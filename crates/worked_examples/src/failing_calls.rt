//! Reads and writes that fail, each in turn.
ghost use Rattle.std.specs.Prelude.{◌<◌};

use crate::bench::{Bench, Case, Room, is_answered};
use crate::nets::{DEAD_LOOP, LOOP};
use std::alloc::Global;
use std::test::Fail;
use teg_run::Status;

const LOG: &str = "a,0\nb,3\na,5\n";

const NO_NET: &str = "fault: cannot read the net\n";

const NO_LOG: &str = "fault: cannot read the log\n";

const REPLAY: &[&str] = &["replay", "net", "second"];

const REPLAYED: &str = "replayed 3 firings\n";

// Which read of a call fails, and what it then comes to.
const READS: [(u64, Case<'static>); 5] = [
    (1, (&["check", "net"], LOOP, LOG, Status::ReadFault, NO_NET)),
    (
        1,
        (&["list", "net", "3"], LOOP, LOG, Status::ReadFault, NO_NET),
    ),
    (
        1,
        (
            &["jit", "net", "second"],
            LOOP,
            LOG,
            Status::ReadFault,
            NO_NET,
        ),
    ),
    (2, (REPLAY, LOOP, LOG, Status::ReadFault, NO_LOG)),
    (3, (REPLAY, LOOP, LOG, Status::Done, REPLAYED)),
];

// A text of each kind that is whole before its first byte is written: an answer, a refusal, a
// fault.
const WHOLE: [Case<'static>; 3] = [
    (REPLAY, LOOP, LOG, Status::Done, REPLAYED),
    (
        &["check", "net"],
        DEAD_LOOP,
        LOG,
        Status::Net,
        "refused: token-free circuit ab ba\n",
    ),
    (&["check", "other"], LOOP, LOG, Status::ReadFault, NO_NET),
];

// A text that is written as it is made: its head, then its rows.
const LISTED: Case<'static> = (
    &["list", "net", "3"],
    LOOP,
    LOG,
    Status::Done,
    "dates of 3 firings\ntransition a b\n1 0 3\n2 5 8\n3 10 13\n",
);

#[test]
fn each_read_may_fail(rt: HostRuntime) -> Result<(), Fail> {
    for (failing, case) in &READS {
        assert!(rt; is_answered(rt.alloc(), case, *failing)?);
    }
    Ok(())
}

// Whether what was written are the first bytes of the text, as many as there is room for.
fn is_beginning(written: &[u8], text: &[u8], room: usize) -> bool {
    written.len() == room.min(text.len()) && text.starts_with(written)
}

// Whether the call ends so, and what it writes are the first bytes of the text, as many as there is
// room for.
fn ends_so(alloc: Global, bench: &mut Bench, status: Status, text: &str, room: usize) -> bool {
    let is_ended = bench.run(alloc, Vec::new(alloc)) == status;
    is_ended && is_beginning(bench.written(), text.as_bytes(), room)
}

// Whether a call into this sink, which takes so many bytes in all, writes just these first bytes of
// its text, and ends with WriteFault where they are not the whole.
fn is_cut(alloc: Global, whole: &Case<'static>, into: Room<'_>, room: usize) -> Result<bool, Fail>
    requires { 0 < into.0 }
{
    let (words, net, second, status, text) = *whole;
    let files = (net.as_bytes(), second.as_bytes());
    let is_whole = text.len() <= room;
    let wanted = if is_whole { status } else { Status::WriteFault };
    let mut bench = Bench::new(alloc, words, files, &[], into)?;
    Ok(ends_so(alloc, &mut bench, wanted, text, room))
}

// Whether calls into sinks of so many bytes a call are cut at the call that fails, each in turn.
fn are_cut(alloc: Global, whole: &Case<'static>, size: usize) -> Result<bool, Fail>
    requires { 0 < size }
{
    for failing in 0..40u64 {
        let room = size.saturating_mul(failing as usize);
        if !is_cut(alloc, whole, (size, 65_536, &[failing + 1]), room)? {
            return Ok(false);
        }
    }
    Ok(true)
}

#[test]
fn each_write_may_fail_and_room_may_end_anywhere(rt: HostRuntime) -> Result<(), Fail> {
    for whole in &WHOLE {
        assert!(rt; are_cut(rt.alloc(), whole, 1)? && are_cut(rt.alloc(), whole, 5)?);
    }
    for room in 0..70usize {
        assert!(rt;
            is_cut(rt.alloc(), &LISTED, (7, room, &[]), room)?,
            "{room} bytes"
        );
    }
    Ok(())
}
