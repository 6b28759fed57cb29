//! Worked examples: whole calls of `workbench` over a shelf and a sink in memory. Each command,
//! with answers that were worked out by hand; texts of the calculator that mean one series; reads
//! and writes that fail, each in turn; monitors in any mix; and files and writers of std. The crate
//! has tests alone, since what it shows is what no contract says: that the texts are the ones that
//! users read, and that memory is found. It stands on `teg_run`, `teg_outside` and `example_nets`.
//! Commands at the limits are rows of `tools/rows/limits.rows`.
#![tactic(auto)]

#[cfg(test)]
mod bench;
#[cfg(test)]
mod commands;
#[cfg(test)]
mod failing_calls;
#[cfg(test)]
mod monitor_mixes;
#[cfg(test)]
mod monitors;
#[cfg(test)]
mod nets;
#[cfg(test)]
mod one_series;
#[cfg(test)]
mod shelves;
#[cfg(test)]
mod sinks;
• • • •
**WHAT THE TASK REQUIRES**
Would you please copy all lines in the data that contain the word "texts"?

**TASK SOLUTION**
//! with answers that were worked out by hand; texts of the calculator that mean one series; reads
//! has tests alone, since what it shows is what no contract says: that the texts are the ones that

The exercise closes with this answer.